DCell allows researchers to change a cell’s DNA (its genetic code) and see how those changes ripple upward to change its biological processes, and subsequent to that, cell growth and reproduction. Its training data set consisted of several million examples of genetic mutations in real yeast cells, paired with information about the results of those mutations.
The researchers found that DCell could use its simulated yeast to accurately predict cell growth. And since it’s a “visible” neural network, the researchers could see the cellular mechanisms that were altered when they messed around with the DNA.
This transparency means that DCell could potentially be used for in silico studies of cells, obviating the need for expensive and time-consuming lab experiments. If the researchers can figure out how to model not just a simple yeast cell but also complex human cells, the effects could be dramatic. “If you could construct a whole working model of a human cell and run simulations on it,” says Ideker, “that would utterly revolutionize precision medicine and drug development.”
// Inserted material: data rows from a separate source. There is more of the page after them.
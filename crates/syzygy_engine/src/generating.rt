// The syzygies of a list.
ghost use Rattle.std.specs.Prelude.{◌≡◌, ◌<◌, ◌≤◌, IfOk, IfErr, OnOk, length};
ghost use Rattle.formal_sums.specs.FormalSums.{Each};
ghost use Rattle.term_lists.specs.Rings.{ring_comparison, variables};
ghost use Rattle.term_lists.specs.Vectors.{AreVectorsOver, HasPositions, sums_of};
ghost use Rattle.risen_counts.specs.Counts.{RoseAtMost};
ghost use Rattle.groebner_iface.specs.Calls.{CallStops, NoTrail};
ghost use Rattle.groebner_iface.specs.Runs.{IsReducedBasisOf};
ghost use Rattle.syzygy_engine.specs.Kernels.{GeneratesSyzygies, IsSyzygyRun, runs_in_order};

use crate::marking::by_position;
use crate::modulo::kernel_modulo;
use groebner_iface::{Groebner, OpStop};
use module_vectors::{Ring, VectList, lawful_setting};
use risen_counts::counted_times;
use std::alloc::Global;
use std::sync::Wait;
use std::thread::Threads;

/// The reduced basis, in the ring's own order, of the syzygies of the list, vectors of this rank: the vectors a by which the
/// combination of the list is zero. The component of a at position i is the cofactor of member i (UAG chapter 5, section 3).
///
/// They are the syzygies modulo no vectors (`kernel_modulo`). One run on the list with marks, position over term, shows them;
/// where the ring's order is term over position and the list has not one vector alone, a second run takes what the first one
/// shows into the ring's order.
///
/// `Pairs` and `Degree` are those of one of these runs, which the engine counted and kept; `Memory` where there is none;
/// `Trail` never.
pub fn syzygies<R: Threads + Wait + Sync, B: Groebner>(
    rt: &R,
    alloc: Global,
    engine: &mut B,
    ring: &Ring,
    rank: u128,
    list: &VectList,
) -> Result<VectList, OpStop>
    requires vectors { AreVectorsOver ring.now (ring_comparison ring.now) list.now }
    requires positions { Each (HasPositions rank) list.now }
    requires room { rank < 9223372036854775808 }
    ensures basis { IfOk result (λ answer. IsReducedBasisOf ring.now (length list.now) answer answer) }
    ensures syzygies { let n = variables ring.now in
        IfOk result (λ answer. GeneratesSyzygies ring.now.modulus.value (sums_of n list.now) (sums_of n answer)) }
    ensures same { OnOk result ((B.stops engine.new ≡ B.stops engine.old) × (B.stopped engine.new ≡ B.stopped engine.old)) }
    ensures stop { IfErr result (CallStops (IsSyzygyRun ring.now rank list.now) NoTrail
        (B.stops engine.old) (B.stops engine.new) (B.stopped engine.old) (B.stopped engine.new)) }
    ensures later { B.stops engine.old ≤ B.stops engine.new }
    ensures runs { RoseAtMost (runs_in_order ring.now) (B.runs engine.old) (B.runs engine.new) }
    ensures settings { B.settings engine.new ≡ B.settings engine.old }
{
    counted_times();
    lawful_setting(ring);
    let over = by_position(alloc, ring)?;
    let no_members = VectList::new(alloc);
    match kernel_modulo(rt, alloc, engine, ring, &over, rank, list, no_members) {
        Ok(basis) => Ok(basis),
        Err(stop) => Err(stop),
    }
}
Cancer is the most obvious disease to study, because each cancer patient’s tumor cells contain a unique mix of mutations. “You could boot up the model with the patient’s genome and mutations, and it would tell you how quickly those cells will grow, and how aggressive that cancer is,” Ideker says.
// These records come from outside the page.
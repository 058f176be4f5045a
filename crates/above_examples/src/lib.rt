//! Small examples of the mathematics above bases, computed. Each function's contract is a law, proved here.
#![tactic(auto)]

mod square_laws;

pub use square_laws::{
    square_numerator, square_resolution, square_table, weighted_degree_of_two, weighted_square,
};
What’s more, pharma companies searching for new cancer drugs use cell growth as the metric of success or failure. They look at a multitude of molecules that turn different genes on or off, asking for each: Does this potential drug cause the tumor cell to stop multiplying? With billions of dollars going to R&D for cancer drugs, an in silico shortcut has clear appeal.
Upgrading from yeast to human cells won’t be an easy task. Researchers need to gather enough information about human patients to form a training data set for a neural network—they’ll need millions of records that include both patients’ genetic profiles and their health outcomes. But that data will accumulate fairly quickly, Ideker predicts. “There’s a ton of attention going into sequencing patient genomes,” he says.
The trickier part is gathering the knowledge of how a human cancer cell works, so the neural network can be mapped to its component parts. Ideker is part of a consortium called the Cancer Cell Map Initiative that aims to help with this challenge. Cataloging a cancer cell’s biological processes is tough because the mutations don’t only switch cellular functions on and off, they can also dial them up or down, and can act in concert in complicated ways.
Still, Ideker is hopeful that he can employ a machine learning technique called transfer learning to get from a neural network that models yeast cells to one that models human cells. “Once you’ve built a system that recognizes cats, you don’t need to retrain the whole neural network to recognize squirrels,” he says.